Find the exact value of $\text{\hspace{0.17em}}\mathrm{sin}\left({\mathrm{cos}}^{-1}\frac{1}{2}+{\mathrm{sin}}^{-1}\frac{3}{5}\right).\text{\hspace{0.17em}}$ Then check the answer with a graphing calculator.
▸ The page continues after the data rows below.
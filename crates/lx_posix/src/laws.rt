//! What holds of the POSIX order and of kernels under it. Each law is the contract of a function that does nothing.
ghost use Rattle.std.specs.Prelude.{◌≡◌, ◌≢◌, ◌↔◌, ◌++◌, ◌*◌, ◌<◌, ◌≤◌, ◌⊎◌, ℕ, List, [], ◌∷◌, length, map, min, true, false, None, Some, AllPairs, slice_get, slice_index, sum_by};
ghost use Rattle.lx_base.specs.declared.limits.TheConstants.{KERNEL_LIMIT, PLACE_LIMIT};
ghost use Rattle.lx_base.specs.declared.settings.Enc.{Enc};
ghost use Rattle.lx_posix.specs.Accepts.{IsFirstAccept, posix_accept_after};
ghost use Rattle.lx_posix.specs.Beginnings.{AreByRule};
ghost use Rattle.lx_posix.specs.Comparing.{Ranked, number_between, ranked_at};
ghost use Rattle.lx_posix.specs.KernelLists.{entries_by, posix_kernel_after, posix_segments, ranks_after, ranks_step};
ghost use Rattle.lx_posix.specs.KernelSteps.{AreListed, IsStepOf, Pairs, PlacesAreDecided, Source, Stem, beginnings, sources};
ghost use Rattle.lx_posix.specs.KernelValues.{posix_all_values_after, posix_last_values_after};
ghost use Rattle.lx_posix.specs.KeptKernels as kept_kernels;
ghost use Rattle.lx_posix.specs.KeptKernels.{AreReached, Keeps, rule_at, start_kernel};
ghost use Rattle.lx_posix.specs.KeptPlaces.{IsLeafEnd, IsRuleBeginning};
ghost use Rattle.lx_posix.specs.LevelPaths.{AreDepths, LevelPath, PlainPath, level_choices, lowest_on, state_depth};
ghost use Rattle.lx_posix.specs.LevelSearch.{ArePlaceDepths, level_segments, place_depth, ranks_by};
ghost use Rattle.lx_posix.specs.Levels.{levelled};
ghost use Rattle.lx_posix.specs.Numbers.{IsFirstOf, PosixPrecedes};
ghost use Rattle.lx_posix.specs.Parting.{Parting, Parts, events};
ghost use Rattle.lx_posix.specs.PosixKernel.{AllDifferByNumbers, AreClosed, ArePosixKernels, HasTooManyPosixKernels, HoldEveryKernel, IsBestPosix, IsPosixKernel, IsSameKernel};
ghost use Rattle.lx_posix.specs.RankTables.{AreTooManyRanks, HaveAllRanks, HaveDifferentRanks};
ghost use Rattle.lx_posix.specs.Starts.{AreWeighed, Start, is_start_first, level_starts};
ghost use Rattle.lx_posix.specs.Walks.{after, depth, kept, lowest};
ghost use Rattle.lx_posix.specs.declared.kept.Kept.{Kept};
ghost use Rattle.lx_regex.specs.Automaton.{State, automaton};
ghost use Rattle.lx_regex.specs.ClassLimits.{AllClassesFit};
ghost use Rattle.lx_regex.specs.Cut.{BeginsMatch, Cut, EndsInUnit, GoesOn, IsCut, SamePlace, last_part, rule_part};
ghost use Rattle.lx_regex.specs.Dictionary.{IsBefore};
ghost use Rattle.lx_regex.specs.Least.{HasTree};
ghost use Rattle.lx_regex.specs.Order.{posix};
ghost use Rattle.lx_regex.specs.Pattern.{Pattern, terms_of};
ghost use Rattle.lx_regex.specs.Plain.{mark_of};
ghost use Rattle.lx_regex.specs.Posix.{IsLonger};
ghost use Rattle.lx_regex.specs.Reading.{IsReading};
ghost use Rattle.lx_regex.specs.Script.{Symbol, choices, picks, reads, script, units};
ghost use Rattle.lx_regex.specs.Term.{Term};
ghost use Rattle.lx_regex.specs.Tree.{Tree};
ghost use Rattle.lx_regex.specs.Values.{all_events, last_event};
ghost use Rattle.lx_regex.specs.Walk.{mark};
ghost use Rattle.lx_tdfa.specs.Accepts.{Accepts};
ghost use Rattle.lx_tdfa.specs.Graph.{graph_of, path_symbols};
ghost use Rattle.lx_tdfa.specs.Kernels.{Candidate, Entry, cut_of, places};
ghost use Rattle.lx_tdfa.specs.Making.{AreMany};
ghost use Rattle.lx_tdfa.specs.Steps.{IsInLeaf};
ghost use Rattle.lx_tdfa.specs.Values.{value_at};
ghost use Rattle.lx_tnfa.specs.LeafReadings.{IsNth};
ghost use Rattle.lx_tnfa.specs.PlaceNumbers.{place_number};
ghost use Rattle.lx_tnfa.specs.Tnfa.{IsTnfaOf, Tnfa};
ghost use Rattle.lx_tnfa.specs.declared.places.Place.{Place};

/// A term that has a tree for a word has a first plain one under the POSIX order.
pub fn best_tree_exists()
    ensures { (enc : Enc) (part : ℕ) (e : Term) (word : List ℕ) → 0 < part
        → HasTree enc part e word → (tree : Tree e) × IsBestPosix enc part e word tree }
{}

/// Two different cuts of one rule at one word part at a choice, the one with the lesser choices by the lesser.
pub fn fronts_part_at_a_choice()
    ensures { (enc : Enc) (rules : List Term) (cut other : Cut) (rest more : List Symbol) → cut.rule ≡ other.rule
        → EndsInUnit cut.front → EndsInUnit other.front → units cut.front ≡ units other.front
        → GoesOn enc rules cut rest → GoesOn enc rules other more
        → (cut.front ≡ other.front)
        ⊎ (Parts (length (units cut.front)) 0 (events (cut.front ++ rest)) (events (other.front ++ more))
        ⊎ Parts (length (units other.front)) 0 (events (other.front ++ more)) (events (cut.front ++ rest))) }
{}

/// A part fixes how many positions are open in a cut that stands in it, of one word or of several.
pub fn part_fixes_depth()
    ensures { (enc : Enc) (rules : List Term) (cut other : Cut) (rest more : List Symbol) → cut.rule ≡ other.rule
        → last_part 0 cut.front ≡ last_part 0 other.front → EndsInUnit cut.front → EndsInUnit other.front
        → GoesOn enc rules cut rest → GoesOn enc rules other more → depth 0 cut.front ≡ depth 0 other.front }
{}

/// Of two cuts of one rule at one word that are not one, one is first, with one number, and the other is not. Of three in order
/// the number of the outer two is the lesser of those between.
pub fn cuts_are_ordered()
    ensures total { (enc : Enc) (rules : List Term) (word : List ℕ) (cut other : Cut)
        → IsCut enc rules word cut → IsCut enc rules word other → cut.rule ≡ other.rule
        → (cut.front ≡ other.front)
        ⊎ (((number : ℕ) × IsFirstOf enc rules cut other number) ⊎ ((number : ℕ) × IsFirstOf enc rules other cut number)) }
    ensures one { (enc : Enc) (rules : List Term) (word : List ℕ) (cut other : Cut) (number second : ℕ)
        → IsCut enc rules word cut → IsCut enc rules word other
        → IsFirstOf enc rules cut other number → IsFirstOf enc rules other cut second → ⊥ }
    ensures number { (enc : Enc) (rules : List Term) (word : List ℕ) (cut other : Cut) (number second : ℕ)
        → IsCut enc rules word cut → IsCut enc rules word other
        → IsFirstOf enc rules cut other number → IsFirstOf enc rules cut other second → number ≡ second }
    ensures between { (enc : Enc) (rules : List Term) (word : List ℕ) (cut middle other : Cut) (number second : ℕ)
        → IsCut enc rules word cut → IsCut enc rules word middle → IsCut enc rules word other
        → IsFirstOf enc rules cut middle number → IsFirstOf enc rules middle other second
        → IsFirstOf enc rules cut other (min number second) }
{}

/// One more unit from two cuts of one word: what each walk keeps of the open positions decides the order, and the number.
pub fn one_more_unit()
    ensures { (enc : Enc) (rules : List Term) (word : List ℕ) (cut other : Cut) (walk way : List Symbol) (unit number : ℕ)
        → IsCut enc rules word cut → IsCut enc rules word other → EndsInUnit walk → EndsInUnit way
        → IsCut enc rules (word ++ unit ∷ []) (after cut walk) → IsCut enc rules (word ++ unit ∷ []) (after other way)
        → IsFirstOf enc rules cut other number
        → (kept cut walk < min number (kept other way)
        → IsFirstOf enc rules (after other way) (after cut walk) (min number (min (kept cut walk) (kept other way))))
        × (min number (kept other way) ≤ kept cut walk
        → IsFirstOf enc rules (after cut walk) (after other way) (min number (min (kept cut walk) (kept other way)))) }
{}

/// One more unit from one cut, or from the beginning of a rule, by two walks, the first with the lesser choices: they part under
/// some open positions, and what each keeps of these decides the order, and the number.
pub fn two_walks_from_one_place()
    ensures { (enc : Enc) (rules : List Term) (word : List ℕ) (cut : Cut) (walk way : List Symbol) (unit : ℕ)
        → units walk ≡ unit ∷ [] → units way ≡ unit ∷ []
        → IsCut enc rules (word ++ unit ∷ []) (after cut walk) → IsCut enc rules (word ++ unit ∷ []) (after cut way)
        → IsBefore (choices walk) (choices way)
        → (shared first second : ℕ) × Parting 1 (depth 0 cut.front) (events walk) (events way) shared first second
        × (first < second → IsFirstOf enc rules (after cut way) (after cut walk) (min first second))
        × (second ≤ first → IsFirstOf enc rules (after cut walk) (after cut way) (min first second)) }
{}

/// Of two walks over a unit from places of a kernel that of the first rule comes first. From two places of one rule that from the first
/// place comes first, unless it keeps less than both the number of the two places and what the other walk keeps.
pub fn walks_from_places_are_ordered()
    ensures { (enc : Enc) (patterns : List Pattern) (tnfa : Tnfa) (word : List ℕ) (unit i j : ℕ) (cut other : Cut)
        (walk way : List Symbol)
        → IsTnfaOf enc patterns tnfa → AllClassesFit enc (terms_of patterns) → i < j
        → slice_get (map cut_of (posix_kernel_after tnfa (terms_of patterns) word)) i ≡ Some cut
        → slice_get (map cut_of (posix_kernel_after tnfa (terms_of patterns) word)) j ≡ Some other
        → EndsInUnit walk → EndsInUnit way → IsCut enc (terms_of patterns) (word ++ unit ∷ []) (after cut walk)
        → IsCut enc (terms_of patterns) (word ++ unit ∷ []) (after other way)
        → AreWeighed enc (terms_of patterns) (ranks_after tnfa (terms_of patterns) word) i walk j way (after cut walk) (after other way) }
{}

/// A walk taken in two parts, of which the first reads no unit, keeps the lesser of what the parts keep.
pub fn walk_keeps_in_parts()
    ensures { (cut : Cut) (walk rest : List Symbol) → units walk ≡ []
        → kept cut (walk ++ rest)
        ≡ min (kept cut walk) (lowest (depth (depth 0 cut.front) walk) (depth (depth 0 cut.front) walk) rest) }
{}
The pattern displayed in this problem is $\text{\hspace{0.17em}}\mathrm{sin}\left(\alpha +\beta \right).\text{\hspace{0.17em}}$ Let $\text{\hspace{0.17em}}\alpha ={\mathrm{cos}}^{-1}\frac{1}{2}\text{\hspace{0.17em}}$ and $\text{\hspace{0.17em}}\beta ={\mathrm{sin}}^{-1}\frac{3}{5}.\text{\hspace{0.17em}}$ Then we can write

$\begin{array}{ccc}\hfill \mathrm{cos}\text{\hspace{0.17em}}\alpha & =& \frac{1}{2},0\le \alpha \le \pi \hfill \\ \hfill \mathrm{sin}\text{\hspace{0.17em}}\beta & =& \frac{3}{5},-\frac{\pi }{2}\le \beta \le \frac{\pi }{2}\hfill \end{array}$

We will use the Pythagorean identities to find $\text{\hspace{0.17em}}\mathrm{sin}\text{\hspace{0.17em}}\alpha \text{\hspace{0.17em}}$ and $\text{\hspace{0.17em}}\mathrm{cos}\text{\hspace{0.17em}}\beta .$

$\begin{array}{ccc}\hfill \mathrm{sin}\text{\hspace{0.17em}}\alpha & =& \sqrt{1-{\mathrm{cos}}^{2}\alpha }\hfill \\ & =& \sqrt{1-\frac{1}{4}}\hfill \\ & =& \sqrt{\frac{3}{4}}\hfill \\ & =& \frac{\sqrt{3}}{2}\hfill \\ \hfill \mathrm{cos}\text{\hspace{0.17em}}\beta & =& \sqrt{1-{\mathrm{sin}}^{2}\beta }\hfill \\ & =& \sqrt{1-\frac{9}{25}}\hfill \\ & =& \sqrt{\frac{16}{25}}\hfill \\ & =& \frac{4}{5}\hfill \end{array}$

Using the sum formula for sine,

$\begin{array}{ccc}\hfill \mathrm{sin}\left({\mathrm{cos}}^{-1}\frac{1}{2}+{\mathrm{sin}}^{-1}\frac{3}{5}\right)& =& \mathrm{sin}\left(\alpha +\beta \right)\hfill \\ & =& \mathrm{sin}\text{\hspace{0.17em}}\alpha \text{\hspace{0.17em}}\mathrm{cos}\text{\hspace{0.17em}}\beta +\mathrm{cos}\text{\hspace{0.17em}}\alpha \text{\hspace{0.17em}}\mathrm{sin}\text{\hspace{0.17em}}\beta \hfill \\ & =& \frac{\sqrt{3}}{2}\cdot \frac{4}{5}+\frac{1}{2}\cdot \frac{3}{5}\hfill \\ & =& \frac{4\sqrt{3}+3}{10}\hfill \end{array}$

## Using the sum and difference formulas for tangent

Finding exact values for the tangent of the sum or difference of two angles is a little more complicated, but again, it is a matter of recognizing the pattern.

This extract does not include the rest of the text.